Witness the birth of a hero

* Arcadia of My Youth
* AnimEigo
* $19.96 Subtitled VHS (Reviewed)
* $29.97 Subtitled Laserdisc
* First Released 1982

Review by Tasha Robinson

Before the Illumidus occupational forces took over Earth, Captain Harlock was a Solar Federation officer, fighting the enemy invaders in his spaceship The Deathshadow. But once Earth finally lost, he became a spare wheel, a useless throwback. When he's captured while trying to evacuate a group of Terran refugees to a non-occupied planet, Harlock deliberately crash-lands his ship to render it useless, then refuses a position as a collaborator. With his defiant attitude, he has no proper place on a subjugated Earth. Without a ship, he has no way to leave.

Our Pick: C+

He grimly looks for his old love, Maya, but she's constantly on the move. As the Voice of Free Arcadia, broadcasting radio messages of hope and strength, she's barely a step ahead of Illumidus' soldiers. Harlock's luck changes when he meets Tochiro, another grounded and defiant rebel. Oddly, an Illumidus operative captures them both, scans their DNA, points out that they have genetic memories in common stemming from a WWII encounter between their ancestors, and then lets them go.
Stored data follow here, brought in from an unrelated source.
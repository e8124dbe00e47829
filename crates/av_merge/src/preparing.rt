//! An area gets its own anon_vma, where it has none (Linux's anon_vma_prepare at a fault).

ghost use Rattle.std.specs.Prelude.{◌≡◌, IfOk, OnOk};
ghost use Rattle.av_vma.specs.Areas.{area_of};
ghost use Rattle.av_vma.specs.Pages.{after_prepare, home_of};
ghost use Rattle.av_merge.specs.Kin.{AreInOrder, PrepareKin, lengths};
ghost use Rattle.av_merge.specs.Pages.{pages_by};
ghost use Rattle.av_merge.specs.Process.{AreOfOne, StayOfOne, Becomes};

use av_anon::Anons;
use av_base::PAGE_SIZE;
use av_vma::{Areas, home};
use av_vmatree::Tree;
use std::alloc::AllocError;

/// Gives the area of a page an anon_vma, where the page is mapped and its area has none: that of
/// the area after it, else of the one before, where it may take it; else a new root. Answers the
/// home that a frame has from the page then.
pub fn prepare(
    areas: &mut Areas,
    tree: &Tree,
    anons: &mut Anons,
    page: u64,
) -> Result<Option<(u64, u64)>, AllocError>
    requires order { AreInOrder areas.old anons.old }
    requires stands { AreOfOne areas.old tree.now }
    ensures stands { StayOfOne areas.old tree.now areas.new tree.now }
    ensures kin { OnOk result
        (PrepareKin areas.old tree.now anons.old areas.new anons.new page) }
    ensures pages { OnOk result
        (Becomes areas.old tree.now areas.new tree.now
        (after_prepare (lengths areas.old anons.old) anons.old.next page)) }
    ensures home { IfOk result (λ home. home ≡ home_of page (pages_by (area_of areas.new) tree.now
        page)) }
{
    let Some(number) = tree.find(page) else {
        return Ok(None);
    };
    let area = areas.get(number);
    if area.anon.is_some() {
        return Ok(home(&area, page));
    }
    let before = tree.find(area.start / PAGE_SIZE - 1);
    let after = tree.find(area.end / PAGE_SIZE);
    anons.prepare(areas, number, before, after)?;
    Ok(home(&areas.get(number), page))
}
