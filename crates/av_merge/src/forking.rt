//! An area of a process goes to its child at a fork (Linux's `dup_mmap`, for one area).

ghost use Rattle.std.specs.Prelude.{ℕ, IfSome, IsSomeAnd, OnOk};
ghost use Rattle.av_vma.specs.Areas.{area_of};
ghost use Rattle.av_vma.specs.Index.{first_of, past_of};
ghost use Rattle.av_vma.specs.Pages.{IsWhole};
ghost use Rattle.av_vmatree.specs.Spans.{IsFree, is_page_taken};
ghost use Rattle.av_merge.specs.Forking.{IsForkedTo};
ghost use Rattle.av_merge.specs.Kin.{AreInOrder};
ghost use Rattle.av_merge.specs.Process.{AreAreasOf, Stays};

use crate::placing::add;
use av_anon::Anons;
use av_vma::{Area, AreaId, Areas};
use av_vmatree::Tree;
use std::alloc::AllocError;

/// Gives a child the area with a number, which is another process's and whose pages are free in
/// the child's tree. The child's area is linked to the whole chain of that one, and has the lowest
/// idle member as its own anon_vma, else a new one below that one's own; none where that has none,
/// or is wiped. It isn't locked.
pub fn fork(
    areas: &mut Areas,
    tree: &mut Tree,
    anons: &mut Anons,
    number: AreaId,
    child: u16,
) -> Result<(), AllocError>
    requires order { AreInOrder areas.old anons.old }
    requires whole { IsSomeAnd (area_of areas.old number) IsWhole }
    requires stands { AreAreasOf child (area_of areas.old) tree.old }
    requires free { IfSome (area_of areas.old number)
        (λ area. IsFree (is_page_taken tree.old) (first_of area) (past_of area)) }
    ensures stands { Stays child (area_of areas.old) (area_of areas.new) tree.new }
    ensures forked { OnOk result (IsSomeAnd (area_of areas.old number) (λ area. (copy : ℕ)
        × IsForkedTo child area areas.old tree.old anons.old areas.new tree.new anons.new copy)) }
{
    let area = areas.get(number);
    let bare = Area {
        pid: child,
        flags: area.flags.unlocked(),
        anon: None,
        ..area
    };
    let copy = add(areas, tree, bare)?;
    let is_wiped = area.flags.wipe_on_fork;
    if is_wiped {
        return Ok(());
    }
    anons.fork(areas, number, copy)
}
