//! Joining: two areas become one where the second goes on in the way of the first.

ghost use Rattle.std.specs.Prelude.{◌≡◌, ◌≢◌, ℕ, ◌-◌, ◌<◌, Some, IfOk, OnOk, true};
ghost use Rattle.av_vma.specs.Areas.{area_of};
ghost use Rattle.av_vmatree.specs.Spans.{area_at};
ghost use Rattle.av_vma.specs.Pages.{joined_around, joined_at, do_join, join_of};
ghost use Rattle.av_merge.specs.Mapping.{DoDiffer};
ghost use Rattle.av_merge.specs.Pages.{pages_by};
ghost use Rattle.av_merge.specs.Kin.{AreInOrder, StayKin, lengths};
ghost use Rattle.av_merge.specs.Process.{AreOfOne, StayOfOne, Becomes};

use crate::linking::{chain_len, share, take};
use crate::placing::replace_both;
use av_anon::Anons;
use av_vma::{Area, AreaId, Areas, joinable};
use av_vmatree::Tree;
use std::alloc::AllocError;

/// Tries the boundaries before the pages `from` and `past`.
#[inline(always)]
pub fn join_ends(
    areas: &mut Areas,
    tree: &mut Tree,
    anons: &mut Anons,
    from: u64,
    past: u64,
) -> Result<(), AllocError>
    requires order { AreInOrder areas.old anons.old }
    requires stands { AreOfOne areas.old tree.old }
    requires some { 0 < from }
    requires forward { from < past }
    ensures stands { StayOfOne areas.old tree.old areas.new tree.new }
    ensures kin { OnOk result (StayKin areas.old anons.old areas.new anons.new) }
    ensures pages { OnOk result
        (Becomes areas.old tree.old areas.new tree.new
        (joined_around (lengths areas.old anons.old) from past)) }
{
    let (below, here) = tree.around(from);
    let (_, above) = tree.around(past);
    match (below, here, above) {
        (Some(left), Some(middle), Some(right))
            if left.to == from && middle.from == from && middle.to == past && right.from == past =>
            {
                join_beside(
                    areas,
                    tree,
                    anons,
                    Some(left.area),
                    middle.area,
                    Some(right.area),
                    from,
                    past,
                )
            }
        _ => join_both(areas, tree, anons, from, past),
    }
}

/// Tries the boundaries at the two ends of an area, but for those where its neighbour is known not
/// to be alike.
pub fn join_part(
    areas: &mut Areas,
    tree: &mut Tree,
    anons: &mut Anons,
    from: u64,
    past: u64,
    differs_below: bool,
    differs_above: bool,
) -> Result<(), AllocError>
    requires order { AreInOrder areas.old anons.old }
    requires stands { AreOfOne areas.old tree.old }
    requires some { 0 < from }
    requires forward { from < past }
    requires below { differs_below ≡ true
        → DoDiffer from (pages_by (area_of areas.old) tree.old) }
    requires above { differs_above ≡ true
        → DoDiffer past (joined_at (lengths areas.old anons.old) from
        (pages_by (area_of areas.old) tree.old)) }
    ensures stands { StayOfOne areas.old tree.old areas.new tree.new }
    ensures kin { OnOk result (StayKin areas.old anons.old areas.new anons.new) }
    ensures pages { OnOk result
        (Becomes areas.old tree.old areas.new tree.new
        (joined_around (lengths areas.old anons.old) from past)) }
{
    if !differs_below && !differs_above {
        return join_ends(areas, tree, anons, from, past);
    }
    join_unless(areas, tree, anons, differs_below, from)?;
    join_unless(areas, tree, anons, differs_above, past)
}

/// Tries one boundary, and then another.
fn join_both(
    areas: &mut Areas,
    tree: &mut Tree,
    anons: &mut Anons,
    from: u64,
    past: u64,
) -> Result<(), AllocError>
    requires order { AreInOrder areas.old anons.old }
    requires stands { AreOfOne areas.old tree.old }
    requires some { 0 < from }
    requires forward { from < past }
    ensures stands { StayOfOne areas.old tree.old areas.new tree.new }
    ensures kin { OnOk result (StayKin areas.old anons.old areas.new anons.new) }
    ensures pages { OnOk result
        (Becomes areas.old tree.old areas.new tree.new
        (joined_around (lengths areas.old anons.old) from past)) }
{
    join_at(areas, tree, anons, from)?;
    join_at(areas, tree, anons, past)
}

/// Tries both boundaries of the area on the pages from `from` to below `past`, where these areas
/// are beside it, if any: none has to be sought.
pub fn join_beside(
    areas: &mut Areas,
    tree: &mut Tree,
    anons: &mut Anons,
    below: Option<AreaId>,
    area: AreaId,
    above: Option<AreaId>,
    from: u64,
    past: u64,
) -> Result<(), AllocError>
    requires order { AreInOrder areas.old anons.old }
    requires stands { AreOfOne areas.old tree.old }
    requires below { area_at tree.old (from - 1) ≡ below }
    requires first { area_at tree.old from ≡ Some area }
    requires last { area_at tree.old (past - 1) ≡ Some area }
    requires above { area_at tree.old past ≡ above }
    requires apart { above ≢ Some area }
    ensures stands { StayOfOne areas.old tree.old areas.new tree.new }
    ensures kin { OnOk result (StayKin areas.old anons.old areas.new anons.new) }
    ensures pages { OnOk result
        (Becomes areas.old tree.old areas.new tree.new
        (joined_around (lengths areas.old anons.old) from past)) }
{
    let joined = join_below(areas, tree, anons, below, area, from)?;
    join_above(areas, tree, anons, joined, above, past)
}

/// Tries the lower boundary of an area, the one before the page `at`, and answers the number of the
/// area that has its pages then.
fn join_below(
    areas: &mut Areas,
    tree: &mut Tree,
    anons: &mut Anons,
    below: Option<AreaId>,
    area: AreaId,
    at: u64,
) -> Result<AreaId, AllocError>
    requires order { AreInOrder areas.old anons.old }
    requires stands { AreOfOne areas.old tree.old }
    requires below { area_at tree.old (at - 1) ≡ below }
    requires above { area_at tree.old at ≡ Some area }
    ensures stands { StayOfOne areas.old tree.old areas.new tree.new }
    ensures kin { OnOk result (StayKin areas.old anons.old areas.new anons.new) }
    ensures pages { OnOk result (Becomes areas.old tree.old areas.new tree.new
        (joined_at (lengths areas.old anons.old) at)) }
    ensures number { IfOk result (λ number. (page : ℕ) → area_at tree.old page ≡ Some area
        → area_at tree.new page ≡ Some number) }
    ensures others { OnOk result ((page : ℕ) → area_at tree.old page ≢ Some area
        → area_at tree.new page ≡ area_at tree.old page) }
{
    match below {
        Some(left) => join(areas, tree, anons, left, area, at),
        None => Ok(area),
    }
}

/// Tries the upper boundary of an area, the one before the page `at`.
fn join_above(
    areas: &mut Areas,
    tree: &mut Tree,
    anons: &mut Anons,
    area: AreaId,
    above: Option<AreaId>,
    at: u64,
) -> Result<(), AllocError>
    requires order { AreInOrder areas.old anons.old }
    requires stands { AreOfOne areas.old tree.old }
    requires below { area_at tree.old (at - 1) ≡ Some area }
    requires above { area_at tree.old at ≡ above }
    ensures stands { StayOfOne areas.old tree.old areas.new tree.new }
    ensures kin { OnOk result (StayKin areas.old anons.old areas.new anons.new) }
    ensures pages { OnOk result (Becomes areas.old tree.old areas.new tree.new
        (joined_at (lengths areas.old anons.old) at)) }
{
    let Some(right) = above else {
        return Ok(());
    };
    join(areas, tree, anons, area, right, at)?;
    Ok(())
}

/// Tries the boundary before the page `at`: the areas on its two sides become one where they are
/// joinable, with the anon_vma that either has.
pub fn join_at(
    areas: &mut Areas,
    tree: &mut Tree,
    anons: &mut Anons,
    at: u64,
) -> Result<(), AllocError>
    requires order { AreInOrder areas.old anons.old }
    requires stands { AreOfOne areas.old tree.old }
    requires some { 0 < at }
    ensures stands { StayOfOne areas.old tree.old areas.new tree.new }
    ensures kin { OnOk result (StayKin areas.old anons.old areas.new anons.new) }
    ensures pages { OnOk result
        (Becomes areas.old tree.old areas.new tree.new
        (joined_at (lengths areas.old anons.old) at)) }
{
    let (below, above) = tree.around(at);
    let Some(left) = below else {
        return Ok(());
    };
    let Some(right) = above else {
        return Ok(());
    };
    if left.to != at || right.from != at {
        return Ok(());
    }
    join(areas, tree, anons, left.area, right.area, at)?;
    Ok(())
}

/// Makes one of the areas on the two sides of the boundary before the page `at`, where they are
/// joinable, and answers the number of the one that has the pages above it then.
fn join(
    areas: &mut Areas,
    tree: &mut Tree,
    anons: &mut Anons,
    left: AreaId,
    right: AreaId,
    at: u64,
) -> Result<AreaId, AllocError>
    requires order { AreInOrder areas.old anons.old }
    requires stands { AreOfOne areas.old tree.old }
    requires below { area_at tree.old (at - 1) ≡ Some left }
    requires above { area_at tree.old at ≡ Some right }
    ensures stands { StayOfOne areas.old tree.old areas.new tree.new }
    ensures kin { OnOk result (StayKin areas.old anons.old areas.new anons.new) }
    ensures pages { OnOk result (Becomes areas.old tree.old areas.new tree.new
        (joined_at (lengths areas.old anons.old) at)) }
    ensures number { IfOk result (λ number. (page : ℕ) → area_at tree.old page ≡ Some right
        → area_at tree.new page ≡ Some number) }
    ensures others { OnOk result ((page : ℕ) → area_at tree.old page ≢ Some right
        → area_at tree.new page ≡ area_at tree.old page) }
{
    let lower = areas.get(left);
    let upper = areas.get(right);
    let left_len = chain_len(anons, left, lower.anon);
    let right_len = chain_len(anons, right, upper.anon);
    if !joinable(&lower, left_len, &upper, right_len) {
        return Ok(right);
    }
    share(areas, anons, left, right)?;
    take(areas, anons, right);
    replace_both(areas, tree, anons, left, join_of(lower, upper), right, at)?;
    Ok(left)
}

/// Tries the boundary before the page `at`, unless the areas on its two sides are known not to be
/// alike.
fn join_unless(
    areas: &mut Areas,
    tree: &mut Tree,
    anons: &mut Anons,
    differs: bool,
    at: u64,
) -> Result<(), AllocError>
    requires order { AreInOrder areas.old anons.old }
    requires stands { AreOfOne areas.old tree.old }
    requires some { 0 < at }
    requires differ { differs ≡ true → DoDiffer at (pages_by (area_of areas.old) tree.old) }
    ensures stands { StayOfOne areas.old tree.old areas.new tree.new }
    ensures kin { OnOk result (StayKin areas.old anons.old areas.new anons.new) }
    ensures pages { OnOk result
        (Becomes areas.old tree.old areas.new tree.new
        (joined_at (lengths areas.old anons.old) at)) }
{
    if differs {
        return Ok(());
    }
    join_at(areas, tree, anons, at)
}

/// Two areas that adjoin as one, with the anon_vma that either has.
fn join_of(lower: Area, upper: Area) -> Area
    ensures { result ≡ join_of lower upper }
{
    Area {
        end: upper.end,
        anon: lower.anon.or(upper.anon),
        ..lower
    }
}
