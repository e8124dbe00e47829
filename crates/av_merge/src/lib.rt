//! The areas of one process: mapped, split, unmapped, changed, moved, grown, joined and forked,
//! with their chains of anon_vmas.
//!
//! `Areas` holds the areas of all processes by number, a `Tree` the spans of one process's areas,
//! and `Anons` the anon_vmas of all. Every call here changes the three together, but for `prepare`,
//! which leaves the spans. Pages go by number, which is their address over the size of a page. A
//! call takes time logarithmic in the number of the process's areas, times the number of areas in
//! its range or beside it, and for each of these that has a chain time for each of its nodes.
//!
//! A split links the upper part to the whole chain. Two areas become one where they are joinable;
//! where only one has an anon_vma, its chain has one node, and the other's pages get that. An area
//! that goes leaves its anon_vmas first. Areas without anon_vma are changed directly. An area that
//! moves keeps its number, and so its links; where it has an anon_vma its offset stays too, and so
//! its spans. `prepare` gives an area its own anon_vma: that of an area beside it, or a new one.
//! `fork` gives a child an area of another process, linked to that one's whole chain, or to nothing
//! where its pages are wiped. `modify` and `modify_all` change a protection or a flag of pages.
//!
//! Proved: which area is on each page then, with every field (av_vma's `Pages`); that no area of
//! another process changed; that chain order stays, that no anon_vma changes its kin and none is
//! made but by `prepare`, where no area beside lends its own, and by `fork`, where no member of the
//! chain is idle; and that each area's chain is the one that areas with its own anon_vma had
//! (av_anon's `Kin`), that of a new root itself alone, and that of a child's area its parent's,
//! with its own one where that is new (`Fork`).
//! Nothing is only tested. How much time a call takes is neither proved nor tested.
//!
//! A call that answers want of memory may have done a part of its work; areas and tree still go
//! together, and nothing is said of chain order then.
#![tactic(auto)]

mod changing;
mod forking;
mod joining;
mod laws;
mod linking;
mod mremap;
mod placing;
mod preparing;
mod splitting;

pub use changing::{Change, map, modify, modify_all, next_mapped};
pub use forking::fork;
pub use laws::{
    areas_are_laid, joins_keep_mappings, parts_are_changed_page_by_page, unmappings_keep_mappings,
};
pub use mremap::{grow, map_like, move_range};
pub use preparing::prepare;
pub use splitting::{unmap, unmap_all};
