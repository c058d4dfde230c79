//! Tests of kmip_encodings: messages as bytes and as JSON, both written by hand.
#![tactic(auto)]

#[cfg(test)]
mod json;
#[cfg(test)]
mod messages;
#[cfg(test)]
mod offsets;
#[cfg(test)]
mod refusals;
#[cfg(test)]
mod sentences;
#[cfg(test)]
mod xml;
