//! JSON with offsets, which were counted by hand.
ghost use Rattle.std.specs.Prelude.{◌≤◌, IfOk, length};
ghost use Rattle.kmip_encodings.specs.Sizes.{size_of};

use kmip_encodings::to_json_with_offsets;
use kmip_wire::{Tree, read_tree};
use std::alloc::Global;
use std::str;
use std::test::Fail;

/// An item as bytes in hex, where it begins, and its JSON with offsets.
struct Row {
    hex: &'static str,
    start: u64,
    json: &'static str,
}

const ROWS: &[Row] = &[
    Row {
        hex: "42002002000000040000000800000000",
        start: 4611686018427387800,
        json: r#"{"offset":4611686018427387800,"tag":"CompromiseDate","type":"Integer","value":8}"#,
    },
    // A failure.
    Row {
        hex: "42007B01000000A842007A0100000048420069010000002042006A0200000004000000010000000042006B020000000400000002000000004200920900000008000000004F9A54E742000D0200000004000000010000000042000F010000005042005C0500000004000000140000000042007F0500000004000000010000000042007E0500000004000000010000000042007D0700000017436F756C64206E6F74206C6F63617465206F626A65637400",
        start: 0,
        json: r#"{"offset":0,"tag":"ResponseMessage","value":[{"offset":8,"tag":"ResponseHeader","value":[{"offset":16,"tag":"ProtocolVersion","value":[{"offset":24,"tag":"ProtocolVersionMajor","type":"Integer","value":1},{"offset":40,"tag":"ProtocolVersionMinor","type":"Integer","value":2}]},{"offset":56,"tag":"TimeStamp","type":"DateTime","value":"2012-04-27T08:12:23+00:00"},{"offset":72,"tag":"BatchCount","type":"Integer","value":1}]},{"offset":88,"tag":"BatchItem","value":[{"offset":96,"tag":"Operation","type":"Enumeration","value":"Destroy"},{"offset":112,"tag":"ResultStatus","type":"Enumeration","value":"OperationFailed"},{"offset":128,"tag":"ResultReason","type":"Enumeration","value":"ItemNotFound"},{"offset":144,"tag":"ResultMessage","type":"TextString","value":"Could not locate object"}]}]}"#,
    },
    // An item of each type, with pads and with none.
    Row {
        hex: "42002001000000A0420020030000000801B69B4BA574920042002004000000100000000003FD35EB6BC2DF461808000042002006000000080000000000000001420020070000000B48656C6C6F20576F726C64000000000042002008000000030102030000000000420020010000000042002008000000004200200900000008000000004F9A54E74200200A00000004000D2F00000000004200200500000004000000FF00000000",
        start: 1000,
        json: r#"{"offset":1000,"tag":"CompromiseDate","value":[{"offset":1008,"tag":"CompromiseDate","type":"LongInteger","value":"0x01B69B4BA5749200"},{"offset":1024,"tag":"CompromiseDate","type":"BigInteger","value":"0x0000000003FD35EB6BC2DF4618080000"},{"offset":1048,"tag":"CompromiseDate","type":"Boolean","value":true},{"offset":1064,"tag":"CompromiseDate","type":"TextString","value":"Hello World"},{"offset":1088,"tag":"CompromiseDate","type":"ByteString","value":"010203"},{"offset":1104,"tag":"CompromiseDate","value":[]},{"offset":1112,"tag":"CompromiseDate","type":"ByteString","value":""},{"offset":1120,"tag":"CompromiseDate","type":"DateTime","value":"2012-04-27T08:12:23+00:00"},{"offset":1136,"tag":"CompromiseDate","type":"Interval","value":864000},{"offset":1152,"tag":"CompromiseDate","type":"Enumeration","value":"0x000000FF"}]}"#,
    },
];

/// The item at the front, which is no longer than the bytes.
fn front(alloc: Global, bytes: &[u8]) -> Result<Tree, Fail>
    ensures { IfOk result (λ tree. size_of tree ≤ length bytes.now) }
{
    match read_tree(alloc, bytes) {
        Ok((tree, _)) => Ok(tree),
        Err(error) => Err(Fail::from(error)),
    }
}

#[test]
fn each_item_has_its_offset(rt: HostRuntime) -> Result<(), Fail> {
    let alloc = rt.alloc();
    for row in ROWS {
        let bytes = hex::decode(alloc, row.hex)?;
        let tree = front(alloc, &bytes)?;
        assert!(rt; bytes.len() < 4096 && row.start < 1 << 62);
        let mut text = Vec::new(alloc);
        to_json_with_offsets(alloc, &tree, row.start, &mut text)?;
        assert_eq!(rt; str::from_utf8(&text), Ok(row.json));
    }
    Ok(())
}
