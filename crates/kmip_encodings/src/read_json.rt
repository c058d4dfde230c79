//! Reading JSON as a tree.
ghost use Rattle.std.specs.Prelude.{bytes_eq, ◌≡◌, ◌<◌, ◌==◌, ℕ, ◌∷◌, IfOk, Err, map};
ghost use Rattle.std.specs.Prelude.{option_map, option_and_then, is_some, ◌≤◌};
ghost use Rattle.std.specs.List.{slice_split};
ghost use Rattle.std.specs.Result.{result_ok};
ghost use Rattle.std.specs.Fmt.{signed_decimal};
ghost use Rattle.hex.specs.Hex.{decode_of};
ghost use Rattle.json.specs.Find.{as_array, is_null};
ghost use Rattle.json.specs.Reads.{token_of};
ghost use Rattle.json.specs.Value.{value_view, items_view, members_view};
ghost use Rattle.std.specs.Int.{w32, w64, cast_signed};
ghost use Rattle.kmip_wire.specs.declared.kind.Kind.TheVariants.{Structure, BigInteger};
ghost use Rattle.kmip_wire.specs.Sees.{tree_of_node};
ghost use Rattle.kmip_wire.specs.Tree.{scalar, integer, long_integer, big_integer};
ghost use Rattle.kmip_wire.specs.Tree.{enumeration, boolean, byte_string, date_time, interval};
ghost use Rattle.kmip_tags.specs.Tags.{ATTRIBUTE_VALUE};
ghost use Rattle.kmip_encodings.specs.Context.{place};
ghost use Rattle.kmip_encodings.specs.Reading.{has_mark, hex_bytes, tag_of_bytes, word_of_bytes};
ghost use Rattle.kmip_encodings.specs.Reading.{long_of_bytes, tag_of_text, enumeration_of_text};
ghost use Rattle.kmip_encodings.specs.Reading.{date_of_text, whole_number, small_natural};
ghost use Rattle.kmip_encodings.specs.Reading.{part_of_text, bits_of_parts, big_bytes};
ghost use Rattle.kmip_encodings.specs.Reading.{is_big, any_number, empty_read};
ghost use Rattle.kmip_encodings.specs.Reading.{mask_of_text, truth_of_long};
ghost use Rattle.kmip_encodings.specs.Reading.{small_integer, natural, number_scalar};
ghost use Rattle.kmip_encodings.specs.Reading.{string_scalar, truth_scalar, scalar_in, kind_named};
ghost use Rattle.kmip_encodings.specs.Reading.{kind_from, tag_from, is_known, are_known, Read};
ghost use Rattle.kmip_encodings.specs.Reading.{wants, within, items_by, node_read, parts_in};
ghost use Rattle.kmip_encodings.specs.Reading.{is_exact, known_members, scalar_read};
ghost use Rattle.kmip_encodings.specs.Reading.{read_item, Fails, Reads, ReadsItems};
ghost use Rattle.kmip_encodings.specs.Reading.{ReadsText, depth_after, is_too_deep};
Eventually Illumidus' forces again approach Harlock, proffering a job transporting troops to Tokarga, an Illumidus-occupied planet scheduled for demolition. Harlock furiously refuses. When an old acquaintance, a free space trader named Emeraldas, shows up on Earth to get her ship repaired, Harlock asks if he can "steal" it and escape. A contingent of Tokargan collaborators also claim the ship. They've planned a doomed effort to defend their planet, although they know they'll be caught and executed, and their planet may actually be demolished sooner as a result. Instead, Tochiro suggests a compromise. Emeraldas should keep her ship, the Tokargans should stay on Earth to work against the Illumidus forces from the inside, and Harlock should set out for Tokarga in a ship built by Tochiro himself--the Arcadia. So begins the career of a legendary space pirate...

How Harlock lost an eye

There's a lot to this bleak and highly melodramatic theatrical feature. The episodic story line takes Harlock on and off Earth several times, leading to battles in all kinds of places, from a restaurant to interplanetary space. The tone is so starkly low-key that it's sometimes hard to detect a singular plotline. And to some degree there isn't one. It's just a series of events explaining how Star Blazers creator Leiji Matsumoto's most famous character first lost his eye, gained his ship, developed his philosophy of piracy and honed his dire attitude toward life. Harlock had his own manga, his own TV show, and his own worldwide reputation before this movie, and he crops up often in seemingly unrelated Matsumoto works, not to mention in innumerable parodies. But this is his origin story, the sequence of events that pulls it all together.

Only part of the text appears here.